SUPPLIED RECORDS:
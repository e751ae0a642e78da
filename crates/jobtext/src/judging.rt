// Judging a job in the rooms that are lent to the judge, and laying its answer down.
ghost use Rattle.std.specs.Prelude.{◌≤◌, ◌≡◌, length};
ghost use Rattle.jobform.specs.Form.{compare_job, match_job};
ghost use Rattle.jobtext.specs.Answer.{answer_text};
ghost use Rattle.jobtext.specs.Promise.{most_answer};
ghost use Rattle.jobtext.specs.Told.{Lays, word_told, told_text};

use crate::answering::{lay_different, lay_match, lay_refusal, lay_same};
use crate::lent::{LENT_PAIRS, LENT_WORD, LENT_WORK};
use answers::{Comparison, Match};
use judge::{compare, fits};
use refusals::refusal::Refusal;

// Two cards, compared.
pub fn compare_job(
    left: &[u8],
    right: &[u8],
    budget: u32,
    work: &mut [u8; LENT_WORK],
    pairs: &mut [u8; LENT_PAIRS],
    word: &mut [u8; LENT_WORD],
    out: &mut [u8],
) -> usize
    requires { most_answer ≤ length out.old }
    ensures { Lays out.old (answer_text (compare_job left.now right.now budget)) result out.new }
{
    let answer = compare(left, right, work, pairs, word, budget);
    lay_comparison(out, answer, word)
}

// A card and a word, matched.
pub fn match_job(
    left: &[u8],
    word: &[u8],
    budget: u32,
    work: &mut [u8; LENT_WORK],
    out: &mut [u8],
) -> usize
    requires { most_answer ≤ length out.old }
    ensures { Lays out.old (answer_text (match_job left.now word.now budget)) result out.new }
{
    match fits(left, word, work, budget) {
        Match::Yes(places, visits) => lay_match(out, b"verdict=yes\n", places, visits),
        Match::No(places, visits) => lay_match(out, b"verdict=no\n", places, visits),
        Match::Refused(number, _, _) => lay_refusal(out, number),
    }
}

// The text of what a comparison tells. The word of a difference stands at the start of the word room.
fn lay_comparison(out: &mut [u8], answer: Comparison, word: &[u8; LENT_WORD]) -> usize
    requires most_answer_in_bounds { most_answer ≤ length out.old }
    requires word_told_length { word_told answer ≤ length word.now }
    ensures { Lays out.old (told_text answer word.now) result out.new }
{
    match answer {
        Comparison::Same(pairs, places, visits) => lay_same(out, pairs, places, visits),
        Comparison::Different(length, left_has, pairs, places, visits) => {
            if left_has {
                lay_different(out, &word[0..length], b"left", pairs, places, visits)
            } else {
                lay_different(out, &word[0..length], b"right", pairs, places, visits)
            }
        }
        Comparison::Refused(number, _, _, _) => lay_refusal(out, number),
        Comparison::WordRoomShort(_, _, _, _) => {
            lay_refusal(out, Refusal::ShortWordRoom.number())
        }
    }
}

EXERCISE AIM:
Write out, word for word, the line containing "Lays out.old (told_text" and every line after it to the end of the data above.

ANSWER AREA:
    ensures { Lays out.old (told_text answer word.now) result out.new }
{
    match answer {
        Comparison::Same(pairs, places, visits) => lay_same(out, pairs, places, visits),
        Comparison::Different(length, left_has, pairs, places, visits) => {
            if left_has {
                lay_different(out, &word[0..length], b"left", pairs, places, visits)
            } else {
                lay_different(out, &word[0..length], b"right", pairs, places, visits)
            }
        }
        Comparison::Refused(number, _, _, _) => lay_refusal(out, number),
        Comparison::WordRoomShort(_, _, _, _) => {
            lay_refusal(out, Refusal::ShortWordRoom.number())
        }
    }
}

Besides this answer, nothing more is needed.